* _What needs to be done_: Each line of the data below that holds the word "long" is to be reported in full.

Records drawn from a dataset:

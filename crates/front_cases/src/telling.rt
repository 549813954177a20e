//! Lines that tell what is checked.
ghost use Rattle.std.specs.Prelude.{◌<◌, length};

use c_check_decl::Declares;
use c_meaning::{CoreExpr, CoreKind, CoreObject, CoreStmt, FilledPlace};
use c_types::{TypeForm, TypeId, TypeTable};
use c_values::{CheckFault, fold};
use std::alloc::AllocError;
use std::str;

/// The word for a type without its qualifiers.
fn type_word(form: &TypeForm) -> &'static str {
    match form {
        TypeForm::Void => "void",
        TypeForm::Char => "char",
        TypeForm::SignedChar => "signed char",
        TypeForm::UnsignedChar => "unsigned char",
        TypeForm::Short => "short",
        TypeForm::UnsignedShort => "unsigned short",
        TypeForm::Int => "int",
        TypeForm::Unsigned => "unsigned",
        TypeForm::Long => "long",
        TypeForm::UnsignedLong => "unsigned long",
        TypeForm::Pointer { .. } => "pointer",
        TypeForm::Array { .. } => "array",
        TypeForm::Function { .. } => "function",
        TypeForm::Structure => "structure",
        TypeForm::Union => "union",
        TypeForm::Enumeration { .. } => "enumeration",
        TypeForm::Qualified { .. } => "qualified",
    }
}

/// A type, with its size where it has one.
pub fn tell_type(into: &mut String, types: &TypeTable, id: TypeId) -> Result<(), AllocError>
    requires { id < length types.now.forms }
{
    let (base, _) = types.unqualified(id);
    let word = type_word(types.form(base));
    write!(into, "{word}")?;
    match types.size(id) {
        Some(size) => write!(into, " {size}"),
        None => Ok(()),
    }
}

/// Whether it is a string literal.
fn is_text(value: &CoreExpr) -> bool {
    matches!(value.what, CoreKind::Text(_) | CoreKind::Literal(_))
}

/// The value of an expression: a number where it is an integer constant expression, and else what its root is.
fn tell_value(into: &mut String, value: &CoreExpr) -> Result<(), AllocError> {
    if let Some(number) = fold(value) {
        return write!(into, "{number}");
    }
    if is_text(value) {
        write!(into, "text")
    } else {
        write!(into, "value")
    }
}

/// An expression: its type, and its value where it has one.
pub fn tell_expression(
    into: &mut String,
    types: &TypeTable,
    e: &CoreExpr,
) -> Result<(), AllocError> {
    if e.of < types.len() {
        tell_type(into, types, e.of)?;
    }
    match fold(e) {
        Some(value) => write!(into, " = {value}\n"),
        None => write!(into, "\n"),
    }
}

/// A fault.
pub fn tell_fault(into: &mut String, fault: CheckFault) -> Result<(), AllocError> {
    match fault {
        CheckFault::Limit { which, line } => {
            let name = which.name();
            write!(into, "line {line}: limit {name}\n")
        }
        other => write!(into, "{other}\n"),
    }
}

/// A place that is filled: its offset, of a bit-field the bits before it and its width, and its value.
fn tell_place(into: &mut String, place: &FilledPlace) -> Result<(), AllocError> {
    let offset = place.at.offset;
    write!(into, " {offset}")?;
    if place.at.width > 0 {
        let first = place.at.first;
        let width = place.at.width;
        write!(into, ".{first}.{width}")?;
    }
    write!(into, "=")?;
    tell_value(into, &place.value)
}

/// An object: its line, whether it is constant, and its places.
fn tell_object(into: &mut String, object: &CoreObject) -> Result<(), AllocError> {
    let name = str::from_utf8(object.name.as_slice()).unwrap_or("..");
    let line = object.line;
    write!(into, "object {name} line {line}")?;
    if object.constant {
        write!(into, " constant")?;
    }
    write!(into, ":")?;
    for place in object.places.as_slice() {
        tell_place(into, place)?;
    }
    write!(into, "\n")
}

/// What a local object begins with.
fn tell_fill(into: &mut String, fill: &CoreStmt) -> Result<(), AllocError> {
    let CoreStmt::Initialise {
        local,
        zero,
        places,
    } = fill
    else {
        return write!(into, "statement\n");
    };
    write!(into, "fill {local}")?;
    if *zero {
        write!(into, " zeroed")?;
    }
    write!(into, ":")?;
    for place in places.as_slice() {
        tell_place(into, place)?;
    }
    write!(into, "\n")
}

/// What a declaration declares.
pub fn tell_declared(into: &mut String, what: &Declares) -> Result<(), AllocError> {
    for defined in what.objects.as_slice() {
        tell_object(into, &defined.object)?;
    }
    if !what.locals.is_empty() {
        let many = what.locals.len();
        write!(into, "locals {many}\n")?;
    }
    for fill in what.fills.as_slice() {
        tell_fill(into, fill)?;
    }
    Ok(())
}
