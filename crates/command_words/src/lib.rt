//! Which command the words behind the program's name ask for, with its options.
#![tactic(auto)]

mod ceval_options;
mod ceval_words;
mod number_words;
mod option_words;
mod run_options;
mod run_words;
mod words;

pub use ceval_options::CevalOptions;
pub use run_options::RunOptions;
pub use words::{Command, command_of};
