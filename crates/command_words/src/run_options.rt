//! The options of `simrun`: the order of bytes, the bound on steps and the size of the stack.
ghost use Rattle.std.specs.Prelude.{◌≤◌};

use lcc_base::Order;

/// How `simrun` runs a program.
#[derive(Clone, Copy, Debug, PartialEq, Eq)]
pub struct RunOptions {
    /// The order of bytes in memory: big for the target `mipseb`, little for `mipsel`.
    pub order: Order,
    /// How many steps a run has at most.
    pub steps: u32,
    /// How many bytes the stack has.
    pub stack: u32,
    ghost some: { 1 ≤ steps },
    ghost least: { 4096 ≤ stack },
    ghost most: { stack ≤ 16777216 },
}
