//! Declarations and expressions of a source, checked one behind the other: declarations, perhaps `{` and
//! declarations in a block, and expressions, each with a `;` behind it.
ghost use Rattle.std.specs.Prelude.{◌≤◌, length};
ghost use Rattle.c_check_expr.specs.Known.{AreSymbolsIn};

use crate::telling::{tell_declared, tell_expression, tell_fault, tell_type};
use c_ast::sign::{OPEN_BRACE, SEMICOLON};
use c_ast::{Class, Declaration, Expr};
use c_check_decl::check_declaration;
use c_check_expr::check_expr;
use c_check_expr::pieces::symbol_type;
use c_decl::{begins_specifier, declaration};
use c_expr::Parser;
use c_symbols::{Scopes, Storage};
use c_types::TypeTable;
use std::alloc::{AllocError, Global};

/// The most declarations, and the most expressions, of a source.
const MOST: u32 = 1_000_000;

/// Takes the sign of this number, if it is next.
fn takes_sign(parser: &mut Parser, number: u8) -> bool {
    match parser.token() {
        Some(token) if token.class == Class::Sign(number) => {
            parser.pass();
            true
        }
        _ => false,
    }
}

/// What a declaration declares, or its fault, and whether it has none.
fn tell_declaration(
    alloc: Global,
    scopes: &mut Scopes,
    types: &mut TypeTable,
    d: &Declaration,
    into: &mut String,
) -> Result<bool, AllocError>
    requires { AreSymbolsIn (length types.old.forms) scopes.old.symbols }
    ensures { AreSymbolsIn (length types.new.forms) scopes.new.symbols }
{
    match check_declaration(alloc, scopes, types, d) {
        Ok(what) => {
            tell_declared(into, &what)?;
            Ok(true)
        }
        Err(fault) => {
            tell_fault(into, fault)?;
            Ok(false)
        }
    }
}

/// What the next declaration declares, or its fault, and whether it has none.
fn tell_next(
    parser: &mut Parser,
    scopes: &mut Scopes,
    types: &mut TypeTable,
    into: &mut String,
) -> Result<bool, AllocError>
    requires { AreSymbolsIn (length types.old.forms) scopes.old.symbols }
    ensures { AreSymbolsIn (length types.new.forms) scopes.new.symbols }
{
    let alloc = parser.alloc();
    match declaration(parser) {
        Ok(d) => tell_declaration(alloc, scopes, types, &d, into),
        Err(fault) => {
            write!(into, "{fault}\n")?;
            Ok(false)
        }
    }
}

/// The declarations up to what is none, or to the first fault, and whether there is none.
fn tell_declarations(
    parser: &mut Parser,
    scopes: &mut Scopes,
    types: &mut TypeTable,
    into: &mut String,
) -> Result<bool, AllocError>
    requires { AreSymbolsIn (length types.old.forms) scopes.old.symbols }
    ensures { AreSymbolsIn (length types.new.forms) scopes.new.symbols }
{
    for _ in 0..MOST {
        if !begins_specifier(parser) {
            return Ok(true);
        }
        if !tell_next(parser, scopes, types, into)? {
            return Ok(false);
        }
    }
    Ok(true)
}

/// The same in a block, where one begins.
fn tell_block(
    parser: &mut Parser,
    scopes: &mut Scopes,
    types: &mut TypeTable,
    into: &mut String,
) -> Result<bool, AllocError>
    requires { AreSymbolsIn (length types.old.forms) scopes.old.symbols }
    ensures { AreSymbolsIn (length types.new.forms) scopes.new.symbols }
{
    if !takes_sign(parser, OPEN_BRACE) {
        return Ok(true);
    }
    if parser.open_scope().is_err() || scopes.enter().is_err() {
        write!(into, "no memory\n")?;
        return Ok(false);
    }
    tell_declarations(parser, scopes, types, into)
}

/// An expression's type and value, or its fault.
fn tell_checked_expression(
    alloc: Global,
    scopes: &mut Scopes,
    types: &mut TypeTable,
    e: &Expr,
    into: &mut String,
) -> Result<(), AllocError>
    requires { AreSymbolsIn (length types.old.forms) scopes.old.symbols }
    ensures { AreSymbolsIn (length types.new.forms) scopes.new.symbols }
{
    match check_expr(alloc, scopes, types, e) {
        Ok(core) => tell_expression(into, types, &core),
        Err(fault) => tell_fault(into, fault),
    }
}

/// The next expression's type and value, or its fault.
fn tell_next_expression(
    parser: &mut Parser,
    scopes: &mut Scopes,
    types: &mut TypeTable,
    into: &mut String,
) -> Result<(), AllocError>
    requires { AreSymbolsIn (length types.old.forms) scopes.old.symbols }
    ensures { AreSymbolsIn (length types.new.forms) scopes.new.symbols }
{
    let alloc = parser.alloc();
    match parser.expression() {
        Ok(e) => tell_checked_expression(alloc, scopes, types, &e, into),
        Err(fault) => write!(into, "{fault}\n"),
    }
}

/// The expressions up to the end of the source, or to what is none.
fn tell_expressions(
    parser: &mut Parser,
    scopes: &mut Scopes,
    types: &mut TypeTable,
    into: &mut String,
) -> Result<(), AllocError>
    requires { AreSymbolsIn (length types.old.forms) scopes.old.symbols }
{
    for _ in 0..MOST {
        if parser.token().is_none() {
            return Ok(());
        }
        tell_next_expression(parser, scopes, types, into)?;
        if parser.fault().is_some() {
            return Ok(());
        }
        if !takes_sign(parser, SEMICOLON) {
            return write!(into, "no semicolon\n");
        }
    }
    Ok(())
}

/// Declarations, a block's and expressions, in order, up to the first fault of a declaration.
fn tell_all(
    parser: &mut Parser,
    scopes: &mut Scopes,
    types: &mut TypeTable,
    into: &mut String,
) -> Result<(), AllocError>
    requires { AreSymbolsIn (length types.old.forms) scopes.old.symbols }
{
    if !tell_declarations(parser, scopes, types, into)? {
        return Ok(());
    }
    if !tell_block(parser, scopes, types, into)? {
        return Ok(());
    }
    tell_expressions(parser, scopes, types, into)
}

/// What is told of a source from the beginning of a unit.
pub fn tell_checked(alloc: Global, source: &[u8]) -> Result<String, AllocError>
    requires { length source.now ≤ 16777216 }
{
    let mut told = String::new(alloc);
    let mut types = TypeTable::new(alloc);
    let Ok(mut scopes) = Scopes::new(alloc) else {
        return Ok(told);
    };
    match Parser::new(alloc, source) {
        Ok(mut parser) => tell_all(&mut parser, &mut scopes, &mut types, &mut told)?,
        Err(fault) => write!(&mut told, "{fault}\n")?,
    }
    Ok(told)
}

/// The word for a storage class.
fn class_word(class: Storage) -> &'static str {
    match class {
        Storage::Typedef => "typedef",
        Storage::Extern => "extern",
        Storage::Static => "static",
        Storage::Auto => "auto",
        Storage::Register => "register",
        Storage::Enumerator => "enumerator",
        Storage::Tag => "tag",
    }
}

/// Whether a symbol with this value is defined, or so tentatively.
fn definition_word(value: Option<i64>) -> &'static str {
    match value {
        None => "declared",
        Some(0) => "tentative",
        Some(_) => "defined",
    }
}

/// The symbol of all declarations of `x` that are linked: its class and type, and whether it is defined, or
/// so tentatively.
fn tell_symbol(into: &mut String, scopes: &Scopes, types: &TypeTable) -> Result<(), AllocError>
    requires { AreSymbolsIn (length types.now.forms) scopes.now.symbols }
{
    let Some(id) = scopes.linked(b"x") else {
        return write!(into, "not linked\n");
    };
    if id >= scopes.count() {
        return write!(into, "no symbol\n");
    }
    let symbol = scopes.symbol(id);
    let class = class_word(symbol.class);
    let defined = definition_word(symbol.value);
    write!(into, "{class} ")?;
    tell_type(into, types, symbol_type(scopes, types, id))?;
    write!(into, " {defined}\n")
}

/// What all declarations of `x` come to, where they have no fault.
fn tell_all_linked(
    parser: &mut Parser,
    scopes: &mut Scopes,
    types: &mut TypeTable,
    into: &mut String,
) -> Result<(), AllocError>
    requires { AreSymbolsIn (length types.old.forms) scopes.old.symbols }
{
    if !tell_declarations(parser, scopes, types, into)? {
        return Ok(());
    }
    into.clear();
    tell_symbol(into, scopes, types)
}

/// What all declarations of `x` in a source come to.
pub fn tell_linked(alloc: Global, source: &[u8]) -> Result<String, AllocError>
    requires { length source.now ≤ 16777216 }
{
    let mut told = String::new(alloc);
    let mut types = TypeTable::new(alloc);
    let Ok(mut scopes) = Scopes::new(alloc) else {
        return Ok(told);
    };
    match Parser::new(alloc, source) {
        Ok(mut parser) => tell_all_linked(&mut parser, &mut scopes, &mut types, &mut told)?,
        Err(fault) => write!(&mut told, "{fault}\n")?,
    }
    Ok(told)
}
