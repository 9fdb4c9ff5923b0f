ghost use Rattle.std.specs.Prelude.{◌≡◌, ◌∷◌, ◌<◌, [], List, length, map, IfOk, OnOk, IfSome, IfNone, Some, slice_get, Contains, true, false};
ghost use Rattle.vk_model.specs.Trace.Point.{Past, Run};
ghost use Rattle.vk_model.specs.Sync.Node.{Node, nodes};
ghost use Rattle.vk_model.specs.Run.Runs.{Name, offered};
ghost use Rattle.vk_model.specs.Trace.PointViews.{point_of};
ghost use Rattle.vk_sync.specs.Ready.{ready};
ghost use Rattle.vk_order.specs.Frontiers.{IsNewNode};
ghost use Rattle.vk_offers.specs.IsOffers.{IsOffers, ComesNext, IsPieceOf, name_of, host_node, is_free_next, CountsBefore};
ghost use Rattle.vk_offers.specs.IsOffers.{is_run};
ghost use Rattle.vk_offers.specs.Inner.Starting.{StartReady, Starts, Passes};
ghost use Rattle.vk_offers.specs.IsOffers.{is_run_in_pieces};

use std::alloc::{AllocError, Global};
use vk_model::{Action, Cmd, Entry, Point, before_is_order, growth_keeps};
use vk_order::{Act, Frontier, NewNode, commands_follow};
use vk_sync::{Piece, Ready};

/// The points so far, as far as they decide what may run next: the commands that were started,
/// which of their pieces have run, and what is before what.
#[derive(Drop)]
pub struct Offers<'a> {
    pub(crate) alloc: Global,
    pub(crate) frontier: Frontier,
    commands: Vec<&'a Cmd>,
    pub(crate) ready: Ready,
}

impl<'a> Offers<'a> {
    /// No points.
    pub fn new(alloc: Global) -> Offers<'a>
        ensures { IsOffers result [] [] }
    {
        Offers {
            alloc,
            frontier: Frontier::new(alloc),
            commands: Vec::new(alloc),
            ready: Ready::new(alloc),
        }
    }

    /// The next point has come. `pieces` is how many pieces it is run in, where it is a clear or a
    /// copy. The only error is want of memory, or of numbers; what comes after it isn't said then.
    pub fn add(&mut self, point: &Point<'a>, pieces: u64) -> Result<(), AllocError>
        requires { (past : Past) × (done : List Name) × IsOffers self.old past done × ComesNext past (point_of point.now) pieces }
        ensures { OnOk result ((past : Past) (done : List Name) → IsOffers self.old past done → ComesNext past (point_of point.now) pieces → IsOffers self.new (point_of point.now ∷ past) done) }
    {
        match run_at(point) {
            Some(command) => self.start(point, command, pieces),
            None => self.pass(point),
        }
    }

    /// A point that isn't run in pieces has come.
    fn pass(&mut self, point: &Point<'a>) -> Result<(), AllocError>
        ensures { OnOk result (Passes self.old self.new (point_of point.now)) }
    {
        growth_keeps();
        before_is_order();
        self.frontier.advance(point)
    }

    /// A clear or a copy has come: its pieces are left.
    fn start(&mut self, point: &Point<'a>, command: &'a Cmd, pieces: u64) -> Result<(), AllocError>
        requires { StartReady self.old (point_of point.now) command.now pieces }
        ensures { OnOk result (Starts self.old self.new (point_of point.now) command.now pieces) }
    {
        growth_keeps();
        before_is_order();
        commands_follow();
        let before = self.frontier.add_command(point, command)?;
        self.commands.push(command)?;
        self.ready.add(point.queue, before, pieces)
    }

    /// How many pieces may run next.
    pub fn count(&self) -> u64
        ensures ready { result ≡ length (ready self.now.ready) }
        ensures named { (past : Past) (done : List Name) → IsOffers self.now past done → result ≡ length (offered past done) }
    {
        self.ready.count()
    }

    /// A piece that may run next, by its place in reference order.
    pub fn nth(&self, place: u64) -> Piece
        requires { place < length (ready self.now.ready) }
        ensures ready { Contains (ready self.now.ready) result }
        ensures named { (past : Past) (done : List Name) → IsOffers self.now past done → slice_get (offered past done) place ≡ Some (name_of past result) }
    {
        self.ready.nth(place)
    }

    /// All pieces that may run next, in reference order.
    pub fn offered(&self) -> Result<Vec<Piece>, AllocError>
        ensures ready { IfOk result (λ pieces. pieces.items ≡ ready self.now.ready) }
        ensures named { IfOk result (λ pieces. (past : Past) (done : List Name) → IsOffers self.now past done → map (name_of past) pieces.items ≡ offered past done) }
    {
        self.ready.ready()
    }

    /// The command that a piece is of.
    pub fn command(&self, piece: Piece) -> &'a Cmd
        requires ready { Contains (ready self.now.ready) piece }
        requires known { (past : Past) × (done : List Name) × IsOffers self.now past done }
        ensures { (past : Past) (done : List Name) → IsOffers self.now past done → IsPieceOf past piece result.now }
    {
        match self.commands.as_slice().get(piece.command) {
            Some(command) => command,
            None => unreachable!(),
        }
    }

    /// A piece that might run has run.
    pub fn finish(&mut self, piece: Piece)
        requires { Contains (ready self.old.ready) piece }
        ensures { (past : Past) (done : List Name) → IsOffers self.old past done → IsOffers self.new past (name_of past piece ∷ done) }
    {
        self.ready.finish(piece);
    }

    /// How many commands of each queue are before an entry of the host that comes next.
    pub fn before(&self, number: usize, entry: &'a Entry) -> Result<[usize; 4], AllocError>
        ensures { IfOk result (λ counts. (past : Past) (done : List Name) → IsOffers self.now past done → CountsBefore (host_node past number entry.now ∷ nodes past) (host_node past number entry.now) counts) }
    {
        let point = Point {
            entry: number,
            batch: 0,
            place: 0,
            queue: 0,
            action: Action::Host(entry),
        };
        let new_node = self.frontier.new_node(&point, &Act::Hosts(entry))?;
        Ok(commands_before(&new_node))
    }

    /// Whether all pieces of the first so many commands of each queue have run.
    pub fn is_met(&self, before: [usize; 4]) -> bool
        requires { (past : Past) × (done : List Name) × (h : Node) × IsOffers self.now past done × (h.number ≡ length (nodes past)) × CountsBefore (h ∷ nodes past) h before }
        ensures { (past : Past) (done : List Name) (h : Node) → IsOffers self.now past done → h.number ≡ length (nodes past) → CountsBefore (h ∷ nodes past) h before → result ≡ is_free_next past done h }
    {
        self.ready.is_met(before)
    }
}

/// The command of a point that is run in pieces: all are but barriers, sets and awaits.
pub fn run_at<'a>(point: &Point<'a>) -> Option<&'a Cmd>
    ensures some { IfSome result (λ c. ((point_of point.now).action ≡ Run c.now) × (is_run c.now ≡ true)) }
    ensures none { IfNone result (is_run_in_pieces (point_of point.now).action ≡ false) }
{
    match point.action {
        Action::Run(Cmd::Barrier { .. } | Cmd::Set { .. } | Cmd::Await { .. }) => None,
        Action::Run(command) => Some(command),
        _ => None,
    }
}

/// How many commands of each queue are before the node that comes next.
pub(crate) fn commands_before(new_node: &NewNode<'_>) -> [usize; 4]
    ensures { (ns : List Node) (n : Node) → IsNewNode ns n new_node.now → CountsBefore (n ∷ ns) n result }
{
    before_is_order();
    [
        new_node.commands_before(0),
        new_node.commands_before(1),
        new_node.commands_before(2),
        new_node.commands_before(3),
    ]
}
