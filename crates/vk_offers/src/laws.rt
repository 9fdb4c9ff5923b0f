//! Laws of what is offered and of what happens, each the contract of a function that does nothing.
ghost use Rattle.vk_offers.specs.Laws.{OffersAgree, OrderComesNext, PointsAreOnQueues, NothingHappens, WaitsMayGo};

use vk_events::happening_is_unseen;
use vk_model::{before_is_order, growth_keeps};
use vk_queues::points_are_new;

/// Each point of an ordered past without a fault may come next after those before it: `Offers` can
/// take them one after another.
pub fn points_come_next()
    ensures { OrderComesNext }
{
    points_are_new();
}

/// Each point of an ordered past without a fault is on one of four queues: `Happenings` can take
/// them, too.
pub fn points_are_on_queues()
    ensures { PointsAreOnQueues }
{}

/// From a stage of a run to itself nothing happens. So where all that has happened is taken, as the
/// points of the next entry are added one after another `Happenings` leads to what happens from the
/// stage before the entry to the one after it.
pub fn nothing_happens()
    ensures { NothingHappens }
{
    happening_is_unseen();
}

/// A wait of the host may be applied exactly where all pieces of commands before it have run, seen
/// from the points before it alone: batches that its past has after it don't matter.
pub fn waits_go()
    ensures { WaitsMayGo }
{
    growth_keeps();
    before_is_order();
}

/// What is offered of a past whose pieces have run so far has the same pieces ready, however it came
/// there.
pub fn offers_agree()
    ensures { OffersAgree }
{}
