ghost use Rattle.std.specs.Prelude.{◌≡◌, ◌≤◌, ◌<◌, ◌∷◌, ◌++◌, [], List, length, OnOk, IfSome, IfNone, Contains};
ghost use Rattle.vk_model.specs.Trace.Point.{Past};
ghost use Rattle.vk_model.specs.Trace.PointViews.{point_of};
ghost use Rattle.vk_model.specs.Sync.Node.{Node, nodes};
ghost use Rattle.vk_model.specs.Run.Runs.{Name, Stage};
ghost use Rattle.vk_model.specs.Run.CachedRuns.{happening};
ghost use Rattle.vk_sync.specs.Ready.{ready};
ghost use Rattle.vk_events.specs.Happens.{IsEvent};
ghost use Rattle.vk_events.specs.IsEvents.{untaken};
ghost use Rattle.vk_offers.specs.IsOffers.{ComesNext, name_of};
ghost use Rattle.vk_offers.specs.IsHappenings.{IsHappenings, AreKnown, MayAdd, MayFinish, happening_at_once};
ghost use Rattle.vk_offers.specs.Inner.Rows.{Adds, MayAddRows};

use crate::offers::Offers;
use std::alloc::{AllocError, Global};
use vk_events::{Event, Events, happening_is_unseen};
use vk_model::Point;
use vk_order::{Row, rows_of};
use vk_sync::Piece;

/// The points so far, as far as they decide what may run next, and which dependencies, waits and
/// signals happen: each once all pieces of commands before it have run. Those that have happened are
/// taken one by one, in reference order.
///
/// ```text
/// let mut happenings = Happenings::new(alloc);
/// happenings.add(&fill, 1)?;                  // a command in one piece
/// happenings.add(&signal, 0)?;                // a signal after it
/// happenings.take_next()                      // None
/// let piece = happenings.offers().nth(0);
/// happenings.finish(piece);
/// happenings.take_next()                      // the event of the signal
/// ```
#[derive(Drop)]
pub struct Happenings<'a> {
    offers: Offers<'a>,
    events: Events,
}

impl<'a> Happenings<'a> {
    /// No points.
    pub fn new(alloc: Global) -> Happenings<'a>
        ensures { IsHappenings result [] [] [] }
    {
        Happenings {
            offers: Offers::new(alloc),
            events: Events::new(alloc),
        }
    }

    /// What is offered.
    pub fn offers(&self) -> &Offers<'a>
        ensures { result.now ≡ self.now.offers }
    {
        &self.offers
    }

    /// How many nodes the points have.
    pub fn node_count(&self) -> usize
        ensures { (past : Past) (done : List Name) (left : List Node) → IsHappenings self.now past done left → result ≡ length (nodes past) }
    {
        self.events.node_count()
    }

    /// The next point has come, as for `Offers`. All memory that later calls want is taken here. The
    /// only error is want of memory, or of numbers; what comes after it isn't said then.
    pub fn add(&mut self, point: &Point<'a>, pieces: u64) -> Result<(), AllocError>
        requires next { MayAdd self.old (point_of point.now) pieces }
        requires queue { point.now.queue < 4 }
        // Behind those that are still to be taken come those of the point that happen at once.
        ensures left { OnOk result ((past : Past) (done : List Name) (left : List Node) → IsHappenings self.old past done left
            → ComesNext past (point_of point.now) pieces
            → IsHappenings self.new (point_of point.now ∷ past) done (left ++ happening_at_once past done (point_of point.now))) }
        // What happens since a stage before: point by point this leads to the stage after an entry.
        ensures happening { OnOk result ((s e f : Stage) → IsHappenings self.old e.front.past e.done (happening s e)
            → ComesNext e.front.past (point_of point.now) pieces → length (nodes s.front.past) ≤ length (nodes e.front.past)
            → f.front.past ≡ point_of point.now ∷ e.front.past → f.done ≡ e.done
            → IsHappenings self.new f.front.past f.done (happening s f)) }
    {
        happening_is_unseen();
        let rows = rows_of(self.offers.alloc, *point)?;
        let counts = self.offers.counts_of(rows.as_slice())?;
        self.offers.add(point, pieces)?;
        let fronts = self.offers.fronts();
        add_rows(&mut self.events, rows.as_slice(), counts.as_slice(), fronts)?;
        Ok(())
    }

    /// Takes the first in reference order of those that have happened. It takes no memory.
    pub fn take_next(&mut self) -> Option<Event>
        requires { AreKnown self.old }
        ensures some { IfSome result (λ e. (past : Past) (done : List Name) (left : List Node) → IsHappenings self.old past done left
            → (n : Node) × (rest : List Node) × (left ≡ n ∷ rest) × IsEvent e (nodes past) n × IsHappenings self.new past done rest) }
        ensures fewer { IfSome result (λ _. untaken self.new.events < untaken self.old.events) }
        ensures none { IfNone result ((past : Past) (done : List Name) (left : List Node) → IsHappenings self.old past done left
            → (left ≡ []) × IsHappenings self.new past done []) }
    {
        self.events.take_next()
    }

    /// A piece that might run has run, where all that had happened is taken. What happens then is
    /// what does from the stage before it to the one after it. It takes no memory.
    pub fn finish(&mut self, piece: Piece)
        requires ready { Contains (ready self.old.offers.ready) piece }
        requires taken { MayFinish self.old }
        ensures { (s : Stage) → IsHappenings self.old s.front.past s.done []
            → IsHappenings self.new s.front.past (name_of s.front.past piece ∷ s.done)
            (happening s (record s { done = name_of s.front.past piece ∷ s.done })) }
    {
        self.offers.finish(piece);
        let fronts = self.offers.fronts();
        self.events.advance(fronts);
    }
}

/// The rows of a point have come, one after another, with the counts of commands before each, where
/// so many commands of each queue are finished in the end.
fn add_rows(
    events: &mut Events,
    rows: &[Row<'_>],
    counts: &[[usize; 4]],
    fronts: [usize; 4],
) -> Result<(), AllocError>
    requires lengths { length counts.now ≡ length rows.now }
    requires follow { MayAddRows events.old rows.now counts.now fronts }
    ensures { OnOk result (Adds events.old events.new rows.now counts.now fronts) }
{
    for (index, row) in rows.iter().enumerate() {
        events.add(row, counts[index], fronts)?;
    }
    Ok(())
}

* _Reply to the task_:
        TypeForm::Long => "long",
        TypeForm::UnsignedLong => "unsigned long",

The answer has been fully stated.